Doxorubicin Hydrochloride Liposome (Pegylated) Injections

Product/Composition:- Doxorubicin Hydrochloride Liposome (Pegylated) Injections
Strength:- 2mg/ml
Form:- Injection
Production Capacity 1 Million Injection/Month
Therapeutic use:- Anti Cancer
Package Insert/Leaflet: Available upon request


Doxorubicin intercalates between base pairs in the DNA helix, thereby preventing DNA replication and ultimately inhibiting protein synthesis. Additionally, doxorubicin inhibits topoisomerase II which results in an increased and stabilized cleavable enzyme-DNA linked complex during DNA replication and subsequently prevents the ligation of the nucleotide strand after double-strand breakage. Doxorubicin also forms oxygen free radicals resulting in cytotoxicity secondary to lipid peroxidation of cell membrane lipids. Liposomal delivery of doxorubicin HCL improves drug penetration into tumors and decreases drug clearance, thereby increasing the duration of therapeutic drug effects; a liposomal formulation of doxorubicin also modulates toxicity, specifically the cardiac effects commonly seen with anthracycline antitumor drugs.

Pegylated liposomal doxorubicin is one of a new class of drug formulations that is delivered in vesicles called liposomes. The doxorubicin molecules in pegylated liposomal doxorubicin are encapsulated in a bilayer sphere of lipids. This vesicle is then surrounded by a dense layer of polyethylene glycol (PEG), hence the name pegylated liposomal doxorubicin. The size of the liposomes, approximately 100 nm, prevents them from entering tissues with tight capillary junctions, such as the heart and gastrointestinal tract, as well as selectively depositing the liposome into the tumor. In contrast to normal vessels, the vessels of the tumor are tortuous, dilated, have morphologically abnormal endothelial cells, and are leaky due to large spaces between pericytes.

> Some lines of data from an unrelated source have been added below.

//! A run: a command, and what is said of it. Each command has a file of its own.
ghost use Rattle.std.specs.Prelude.{◌≡◌};
ghost use Rattle.desk_cli.specs.DeskFiles.{Leaves};

use crate::explain_command::explain_all;
use crate::help::{put_help, put_usage};
use crate::lint_command::say_lint;
use crate::packet_command::run_packet;
use crate::page_command::{run_page, run_pilot_page};
use crate::report_command::run_report;
use crate::status::DeskStatus;
use crate::words::DeskCommand;
use duty_calendar::Memory;
use file_places::Prose;
use shelf::{Shelf, Sink, SinkFault};
use std::alloc::Global;

/// Puts what is said, and says how the run ends.
pub fn say<O: Sink>(out: &mut O, prose: &Prose, status: DeskStatus) -> DeskStatus {
    match out.put(prose.as_slice()) {
        Ok(()) => status,
        Err(SinkFault::PutFailed) => DeskStatus::WriteFault,
        Err(SinkFault::NoMemory) => DeskStatus::NoMemory,
    }
}

/// Says what each line of a text says. No file is written.
pub fn run_explain<S: Shelf, O: Sink>(
    alloc: Global,
    shelf: &mut S,
    out: &mut O,
    text: &[u8],
) -> DeskStatus
    ensures kept { S.holds shelf.new ≡ S.holds shelf.old }
{
    let mut prose = Prose::new(alloc);
    match explain_all(alloc, shelf, &mut prose, text) {
        Ok(status) => say(out, &prose, status),
        Err(Memory::NoMemory) => DeskStatus::NoMemory,
    }
}

/// Appends what each command is for.
fn say_help(prose: &mut Prose) -> Result<DeskStatus, Memory> {
    put_help(prose)?;
    Ok(DeskStatus::Done)
}

/// Appends how the program is called.
fn say_usage(prose: &mut Prose) -> Result<DeskStatus, Memory> {
    put_usage(prose)?;
    Ok(DeskStatus::Faulty)
}

/// Does what a command asks, and appends what it says. What more standard input or other folders hold is not looked at here.
fn answer<S: Shelf>(
    alloc: Global,
    shelf: &mut S,
    prose: &mut Prose,
    command: &DeskCommand,
    built: &[u8],
) -> Result<DeskStatus, Memory>
    ensures left { Leaves command.now (S.holds shelf.old) (S.holds shelf.new) }
{
    match command {
        DeskCommand::Explain(line) => explain_all(alloc, shelf, prose, line.as_bytes()),
        DeskCommand::Lint => say_lint(alloc, shelf, prose),
        DeskCommand::Page => run_page(alloc, shelf, prose, built),
        DeskCommand::PilotPage(name) => run_pilot_page(alloc, shelf, prose, name.as_str(), built),
        DeskCommand::Packet => run_packet(alloc, shelf, prose, built),
        DeskCommand::Report => run_report(alloc, shelf, prose, built),
        DeskCommand::ExplainInput | DeskCommand::Collect(_) => Ok(DeskStatus::Done),
        DeskCommand::Diff(_) | DeskCommand::PageSince(_) => Ok(DeskStatus::Done),
        DeskCommand::Calendars(_) | DeskCommand::History(_) => Ok(DeskStatus::Done),
        DeskCommand::Import(_) => Ok(DeskStatus::Done),
        DeskCommand::Help => say_help(prose),
        DeskCommand::Usage => say_usage(prose),
    }
}

/// Does what a command asks, and puts what it says. `built` says what the program was built from, or nothing.
pub fn run<S: Shelf, O: Sink>(
    alloc: Global,
    shelf: &mut S,
    out: &mut O,
    command: &DeskCommand,
    built: &[u8],
) -> DeskStatus
    ensures left { Leaves command.now (S.holds shelf.old) (S.holds shelf.new) }
{
    let mut prose = Prose::new(alloc);
    match answer(alloc, shelf, &mut prose, command, built) {
        Ok(status) => say(out, &prose, status),
        Err(Memory::NoMemory) => DeskStatus::NoMemory,
    }
}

These physical characteristics allow more extravasation of the vesicles into the tumor, thus encouraging more deposition of the chemotherapy agent into the tumor. The PEG coating on the liposome creates a hydrophilic layer around the liposome that buffers the liposome wall from the surrounding milieu. This decreases proteins from binding to the lipid bilayer. These proteins act as opsonins, attracting foreign particles that in turn activate the mononuclear phagocytic cells. This leads to break down of the liposome and release of the drug. Therefore, the PEG coating on the liposome increases the longevity of the liposome.